HOUSTON – Houston homicide investigators have arrested and charged a member of the violent MS-13 street gang they said is responsible for the murder of a student at the Houston CAN Academy last November.
Jairo Chicas-Raimundo, 23, is charged with murder in that killing and with capital murder in the kidnapping and killing of an alleged rival gang member two days earlier.
Houston police said two other men -- Juan Treminio, 30, and William Cortez, 23 -- were previously charged with capital murder, and another man, Melvin Ramirez, 19, is charged with tampering with evidence.
The men are accused in the deaths of Eleazar Vazquez in the incident in the 5900 block of South Gessner Road and Adrian Castillo, 19, in the 9700 block of Bissonnet Street, police said.
Police said Chicas-Raimundo entered the U.S. illegally and had only been in the country a few months when he allegedly carried out the killings. He’d been on the run for months when investigators finally found him and arrested him in west Houston Tuesday.
On Nov. 7, 2016, Chicas-Raimundo was the alleged trigger man in the ambush of two students in the parking lot of the Houston Can Academy, according to police.
Castillo was killed.
A student with him was wounded. Police said the second victim was taken to Ben Taub General Hospital in stable condition.
The alleged motive for the killing was Chicas-Raimundo’s decision to intervene in an argument between students with pistols.
“We know these individuals were called out there. There was some sort of minor dispute going on. And they intervened in a violent manner and they shot two children,” Sgt. Chris Sturdivant said.
Two days earlier, Chicas-Raimundo and other MS-13 members kidnapped Vazquez in the 5900 block of Gessner Road.
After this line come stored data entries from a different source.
// The parts of a schema with its names looked up.
ghost use Rattle.std.specs.Prelude.{◌≡◌, ◌∷◌, All, map, IfOk};
ghost use Rattle.tda_io.specs.Due.{Gives};
ghost use Rattle.tda_model.specs.Cells.{is_possible, all_cells};
ghost use Rattle.tda_schema.specs.Classes as classes;
ghost use Rattle.tda_schema.specs.Columns.{columns_of};
ghost use Rattle.tda_schema.specs.Levels as levels;
ghost use Rattle.tda_schema.specs.Parts.{ArePartsOf};
ghost use Rattle.tda_schema.specs.Read as spec;
ghost use Rattle.tda_schema.specs.Stated.{IsLevelOf, IsLookedUp, IsQueryOf};

use crate::SchemaFault;
use crate::cells::possible_cells;
use crate::classes::{kind_family, query_family, query_parts, whole_family};
use crate::columns::Columns;
use crate::groups::{count_groups, count_places, is_nested};
use crate::kinds::has_kinds;
use crate::parts::{LevelParts, Parts, QueryParts};
use crate::stated::{Level, Query, Stated};
use std::alloc::Global;
use tda_io::NoMemory;
use tda_sets::Family;

// The classes of each query of a level.
fn query_families(
    alloc: Global,
    stated: &Stated,
    columns: &Columns,
    possible: &[bool],
    queries: &[Query],
) -> Result<Vec<Family>, NoMemory>
    requires looked_up { IsLookedUp stated.now }
    requires columns { columns.now ≡ columns_of stated.now.attributes }
    requires possible { possible.now ≡ map (is_possible stated.now) (all_cells stated.now) }
    requires queries { All (IsQueryOf stated.now) queries.now }
    ensures { IfOk result (λ v. v.items ≡ map (classes.query_family stated.now) queries.now) }
{
    let mut families = Vec::new(alloc);
    for query in queries {
        families.push(query_family(alloc, stated, columns, possible, query)?)?;
    }
    Ok(families)
}

// The families of a level, lent: all possible cells, the kinds, and the classes of each query.
fn lend<'a>(
    alloc: Global,
    whole: &'a Family,
    kinds: &'a Family,
    queries: &'a [Family],
) -> Result<Vec<&'a Family>, NoMemory>
    ensures { IfOk result (λ v. map (λ f. f.now) v.items ≡ whole.now ∷ kinds.now ∷ queries.now) }
{
    let mut families = Vec::new(alloc);
    families.push(whole)?;
    families.push(kinds)?;
    for query in queries {
        families.push(query)?;
    }
    Ok(families)
}

// What the queries of a level come to, out of their families.
fn parts_of_queries(alloc: Global, families: Vec<Family>) -> Result<Vec<QueryParts>, NoMemory>
    ensures { IfOk result (λ v. v.items ≡ map classes.family_parts families.items) }
{
    let mut queries = Vec::new(alloc);
    for family in families {
        queries.push(query_parts(alloc, family)?)?;
    }
    Ok(queries)
}

// What a level comes to, or that its groups aren't nested.
fn level_parts(
    alloc: Global,
    stated: &Stated,
    columns: &Columns,
    possible: &[bool],
    whole: &Family,
    kinds: &Family,
    level: &Level,
) -> Result<LevelParts, SchemaFault>
    requires looked_up { IsLookedUp stated.now }
    requires columns { columns.now ≡ columns_of stated.now.attributes }
    requires possible { possible.now ≡ map (is_possible stated.now) (all_cells stated.now) }
    requires whole { whole.now ≡ classes.whole_family stated.now }
    requires kinds { kinds.now ≡ classes.kind_family stated.now }
    requires level { IsLevelOf stated.now level.now }
    ensures { Gives SchemaFault.NoMemory (λ p. p) result (levels.level_parted stated.now level.now) }
{
    let families = query_families(alloc, stated, columns, possible, &level.queries)?;
    let groups = {
        let lent = lend(alloc, whole, kinds, &families)?;
        if !is_nested(alloc, &lent)? {
            return Err(SchemaFault::NotNested);
        }
        count_groups(alloc, &lent)?
    };
    let queries = parts_of_queries(alloc, families)?;
    let places = count_places(&queries);
    Ok(LevelParts {
        queries,
        groups,
        places,
    })
}

// What the levels come to, or that the groups of one aren't nested.
fn levels_parts(
    alloc: Global,
    stated: &Stated,
    columns: &Columns,
    possible: &[bool],
) -> Result<Vec<LevelParts>, SchemaFault>
    requires looked_up { IsLookedUp stated.now }
    requires columns { columns.now ≡ columns_of stated.now.attributes }
    requires possible { possible.now ≡ map (is_possible stated.now) (all_cells stated.now) }
    ensures { Gives SchemaFault.NoMemory (λ v. v.items) result (levels.levels_parted stated.now stated.now.levels) }
{
    let whole = whole_family(alloc, stated, possible)?;
    let kinds = kind_family(alloc, stated, columns, &whole)?;
    let mut parts = Vec::new(alloc);
    for level in &stated.levels {
        parts.push(level_parts(alloc, stated, columns, possible, &whole, &kinds, level)?)?;
    }
    Ok(parts)
}

/// The parts of a schema, or why it has none.
pub(crate) fn parts_of(alloc: Global, stated: &Stated) -> Result<Parts, SchemaFault>
    requires { IsLookedUp stated.now }
    ensures value { Gives SchemaFault.NoMemory (λ p. p) result (spec.parted stated.now) }
    ensures parts { IfOk result (ArePartsOf stated.now) }
{
    let columns = Columns::new(alloc, &stated.attributes)?;
    let possible = possible_cells(alloc, stated, &columns)?;
    let levels = levels_parts(alloc, stated, &columns, &possible)?;
    if !has_kinds(alloc, stated, &columns, &possible)? {
        return Err(SchemaFault::KindWithoutCell);
    }
    Ok(Parts { possible, levels })
}
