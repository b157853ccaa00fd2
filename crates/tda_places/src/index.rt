// The index of a place.
ghost use Rattle.std.specs.Prelude.{◌≡◌, ◌<◌, Some, Contains, length, slice_get, slice_index};
ghost use Rattle.std.specs.List.{AllPairs};
ghost use Rattle.tda_model.specs.Spine.{units_at};
ghost use Rattle.tda_schema.specs.Stated.{queries_at};
ghost use Rattle.tda_places.specs.Places as spec;
ghost use Rattle.tda_places.specs.Places.{IsPlace};
ghost use Rattle.tda_places.specs.Spots.{class_count, place_of, StandsAt};

use crate::Place;
use crate::spot::{Spot, before_level, before_query, unit_count};
use tda_schema::Schema;
use tda_spine::Spine;

// Where a number stands among rising ones.
fn find(numbers: &[u32], number: u32) -> usize
    requires rise { AllPairs (λ x y. x < y) numbers.now }
    requires there { Contains numbers.now number }
    ensures within { result < length numbers.now }
    ensures is { slice_index numbers.now result ≡ number }
{
    match numbers.binary_search(&number) {
        Ok(index) => index,
        Err(_) => unreachable!(),
    }
}

// Where a place stands.
fn spot_of(schema: &Schema, spine: &Spine, place: Place) -> Spot
    requires belong { spine.now.depth ≡ length schema.now.levels }
    requires place { IsPlace schema.now spine.now place }
    ensures level { result.level < length schema.now.levels }
    ensures unit { result.unit < length (units_at spine.now result.level) }
    ensures query { result.query < length (queries_at schema.now result.level) }
    ensures class { result.class < class_count schema.now result.level result.query }
    ensures is { place_of schema.now spine.now result ≡ place }
{
    // Each unit is of one of the levels.
    let _ = spine.units();
    let level = spine.level(place.unit);
    let query = place.query as usize;
    Spot {
        level,
        unit: find(spine.at_level(level), place.unit),
        query,
        class: find(schema.classes(level, query), place.class),
    }
}

// The index of the place that stands there.
fn index_of_spot(schema: &Schema, spine: &Spine, spot: Spot) -> u64
    requires belong { spine.now.depth ≡ length schema.now.levels }
    requires level { spot.level < length schema.now.levels }
    requires unit { spot.unit < length (units_at spine.now spot.level) }
    requires query { spot.query < length (queries_at schema.now spot.level) }
    requires class { spot.class < class_count schema.now spot.level spot.query }
    ensures { StandsAt schema.now spine.now result spot }
{
    // There are at most 2^17 units and 4,096 cells.
    let _ = spine.units();
    let _ = schema.cells();
    before_level(schema, spine, spot.level)
        + spot.unit as u64 * unit_count(schema, spot.level)
        + before_query(schema, spot.level, spot.query)
        + spot.class as u64
}

// The index of a place.
pub(crate) fn index_of(schema: &Schema, spine: &Spine, place: Place) -> u64
    requires belong { spine.now.depth ≡ length schema.now.levels }
    requires place { IsPlace schema.now spine.now place }
    ensures index { spec.index_of schema.now spine.now place ≡ Some result }
    ensures there { slice_get (spec.places_of schema.now spine.now) result ≡ Some place }
    ensures within { result < length (spec.places_of schema.now spine.now) }
{
    index_of_spot(schema, spine, spot_of(schema, spine, place))
}
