// Where places stand, by arithmetic.
ghost use Rattle.std.specs.Prelude.{◌≡◌, ◌+◌, ◌*◌, ◌<◌, ◌≤◌, ◌^◌, length, IfSome, ℕ};
ghost use Rattle.tda_model.specs.Groups.{classes_of};
ghost use Rattle.tda_model.specs.Sizes.{places_at};
ghost use Rattle.tda_model.specs.Spine.{units_at};
ghost use Rattle.tda_schema.specs.Stated.{queries_at, query_at};
ghost use Rattle.tda_places.specs.Places.{places_of, IsPlace};
ghost use Rattle.tda_places.specs.Spots as spec;
ghost use Rattle.tda_places.specs.Spots.{class_count, level_size, StandsAt};

use crate::Place;
use tda_schema::Schema;
use tda_spine::Spine;

// Where a place stands: at a level, which of its units, which query, and which of the query's classes.
#[derive(Clone, Copy, Debug, PartialEq, Eq)]
pub(crate) struct Spot {
    pub(crate) level: usize,
    pub(crate) unit: usize,
    pub(crate) query: usize,
    pub(crate) class: usize,
}

// A level or a query, and how many of its places come before a place.
#[derive(Clone, Copy, Debug, PartialEq, Eq)]
struct Part {
    number: usize,
    rest: u64,
}

// How many places each unit of a level has.
pub(crate) fn unit_count(schema: &Schema, level: usize) -> u64
    requires { level < length schema.now.levels }
    ensures count { result ≡ places_at schema.now level }
    ensures few { result ≤ 2 ^ 15 }
{
    // There are at most 8 queries and 4,096 cells.
    let _ = schema.queries(level);
    let _ = schema.cells();
    schema.places(level)
}

// How many places all units of a level have.
fn level_count(schema: &Schema, spine: &Spine, level: usize) -> u64
    requires belong { spine.now.depth ≡ length schema.now.levels }
    requires level { level < length schema.now.levels }
    ensures count { result ≡ level_size schema.now spine.now level }
    ensures few { result ≤ 2 ^ 32 }
{
    // There are at most 2^17 units.
    let _ = spine.units();
    spine.at_level(level).len() as u64 * unit_count(schema, level)
}

// How many places the levels before a level have.
pub(crate) fn before_level(schema: &Schema, spine: &Spine, level: usize) -> u64
    requires belong { spine.now.depth ≡ length schema.now.levels }
    requires level { level ≤ length schema.now.levels }
    ensures count { result ≡ spec.before_level schema.now spine.now level }
    ensures few { result ≤ 2 ^ 35 }
{
    // There are at most 7 levels.
    let _ = schema.levels();
    let mut count = 0;
    for earlier in 0..level {
        count += level_count(schema, spine, earlier);
    }
    count
}

// How many places of a unit stand before those of a query.
pub(crate) fn before_query(schema: &Schema, level: usize, query: usize) -> u64
    requires level { level < length schema.now.levels }
    requires query { query ≤ length (queries_at schema.now level) }
    ensures count { result ≡ spec.before_query schema.now level query }
    ensures few { result ≤ 2 ^ 15 }
{
    // There are at most 8 queries and 4,096 cells.
    let _ = schema.queries(level);
    let _ = schema.cells();
    let mut count = 0;
    for earlier in 0..query {
        count += schema.classes(level, earlier).len() as u64;
    }
    count
}

// The level of the place at an index, and the index among the places of the level.
fn level_of_index(schema: &Schema, spine: &Spine, index: u64) -> Part
    requires belong { spine.now.depth ≡ length schema.now.levels }
    requires index { index < spec.before_level schema.now spine.now (length schema.now.levels) }
    ensures level { result.number < length schema.now.levels }
    ensures within { result.rest < level_size schema.now spine.now result.number }
    ensures index { index ≡ spec.before_level schema.now spine.now result.number + result.rest }
{
    let mut rest = index;
    for level in 0..schema.levels() {
        let count = level_count(schema, spine, level);
        if rest < count {
            return Part {
                number: level,
                rest,
            };
        }
        rest -= count;
    }
    unreachable!()
}

// The query of the place of a unit at an index, and the index among the places of the query.
fn query_of_index(schema: &Schema, level: usize, index: u64) -> Part
    requires level { level < length schema.now.levels }
    requires index { index < places_at schema.now level }
    ensures query { result.number < length (queries_at schema.now level) }
    ensures within { result.rest < class_count schema.now level result.number }
    ensures index { index ≡ spec.before_query schema.now level result.number + result.rest }
{
    let mut rest = index;
    for query in 0..schema.queries(level) {
        let count = schema.classes(level, query).len() as u64;
        if rest < count {
            return Part {
                number: query,
                rest,
            };
        }
        rest -= count;
    }
    unreachable!()
}

// Where the place at an index stands.
pub(crate) fn spot_at(schema: &Schema, spine: &Spine, index: u64) -> Spot
    requires belong { spine.now.depth ≡ length schema.now.levels }
    requires index { index < length (places_of schema.now spine.now) }
    ensures { StandsAt schema.now spine.now index result }
{
    let level = level_of_index(schema, spine, index);
    let places = unit_count(schema, level.number);
    let query = query_of_index(schema, level.number, level.rest % places);
    Spot {
        level: level.number,
        unit: (level.rest / places) as usize,
        query: query.number,
        class: query.rest as usize,
    }
}

// Where the place at an index stands, beside where the one before it stands: in most cases it is the next class.
pub(crate) fn next_spot(schema: &Schema, spine: &Spine, index: u64, last: Option<Spot>) -> Spot
    requires belong { spine.now.depth ≡ length schema.now.levels }
    requires index { index < length (places_of schema.now spine.now) }
    requires last { IfSome last (λ spot. (before : ℕ) × (before + 1 ≡ index) × StandsAt schema.now spine.now before spot) }
    ensures { StandsAt schema.now spine.now index result }
{
    if let Some(spot) = last
        && spot.class + 1 < schema.classes(spot.level, spot.query).len()
    {
        return Spot {
            class: spot.class + 1,
            ..spot
        };
    }
    spot_at(schema, spine, index)
}

// The place that stands there.
pub(crate) fn place_of(schema: &Schema, spine: &Spine, spot: Spot) -> Place
    requires belong { spine.now.depth ≡ length schema.now.levels }
    requires level { spot.level < length schema.now.levels }
    requires unit { spot.unit < length (units_at spine.now spot.level) }
    requires query { spot.query < length (queries_at schema.now spot.level) }
    requires class { spot.class < class_count schema.now spot.level spot.query }
    ensures value { result ≡ spec.place_of schema.now spine.now spot }
    ensures is { IsPlace schema.now spine.now result }
{
    // There are at most 8 queries.
    let _ = schema.queries(spot.level);
    Place {
        unit: spine.at_level(spot.level)[spot.unit],
        query: spot.query as u32,
        class: schema.classes(spot.level, spot.query)[spot.class],
    }
}
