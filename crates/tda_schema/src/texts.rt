// Texts by number, each found by its bytes.
ghost use Rattle.std.specs.Prelude.{◌≡◌, ◌≢◌, ◌++◌, ◌∷◌, [], OnErr, OnOk, position, All};
ghost use Rattle.std.specs.Str.{bytes_eq};

use indexmap::IndexSet;
use std::alloc::Global;
use std::marker::Model;
use tda_io::NoMemory;

/// Texts in order, no two of them equal, each found by its bytes in a time that does not grow with their number. They are
/// numbered from 0.
#[derive(Drop)]
pub struct Texts {
    texts: IndexSet<Vec<u8>>,
}

impl Model for Texts {
    ghost use Rattle.std.specs.Prelude.{ℕ, List, map};

    ghost Value = { List (List ℕ) };

    ghost view = { λ s. map (λ v. v.items) s.texts.keys };
}

impl Texts {
    /// No texts.
    pub fn new(alloc: Global) -> Texts
        ensures { result ≡ [] }
    {
        Texts {
            texts: IndexSet::new(alloc),
        }
    }

    /// The number of a text, if it is there.
    pub fn find(&self, text: &[u8]) -> Option<usize>
        ensures { result ≡ position (bytes_eq text.now) self.now }
    {
        self.texts.get_index_of(text)
    }

    /// Adds a new text, with the next number. Where memory runs out, nothing changes.
    pub fn push(&mut self, alloc: Global, text: &[u8]) -> Result<(), NoMemory>
        requires { All (λ known. text.now ≢ known) self.old }
        ensures ok { OnOk result (self.new ≡ self.old ++ text.now ∷ []) }
        ensures err { OnErr result (self.new ≡ self.old) }
    {
        self.texts.insert(Vec::from_slice(alloc, text)?)?;
        Ok(())
    }
}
According to police, they believed Vazquez to be a member of a rival gang.
“He was kidnapped by three MS-13 gang members. He was taken out of the city, he was tortured, he was ultimately murdered...executed,” Sturdivant said.
Police said Vazquez's body was later found in the 14900 block of FM 521 in Brazoria County.
Chicas-Raimundo went before a magistrate judge Wednesday afternoon to hear the charges against him.
He was ordered to be held without bond.
Prosecutors could seek the death penalty on the capital murder charge.
Police said all four suspects remain in custody in the Harris County Jail.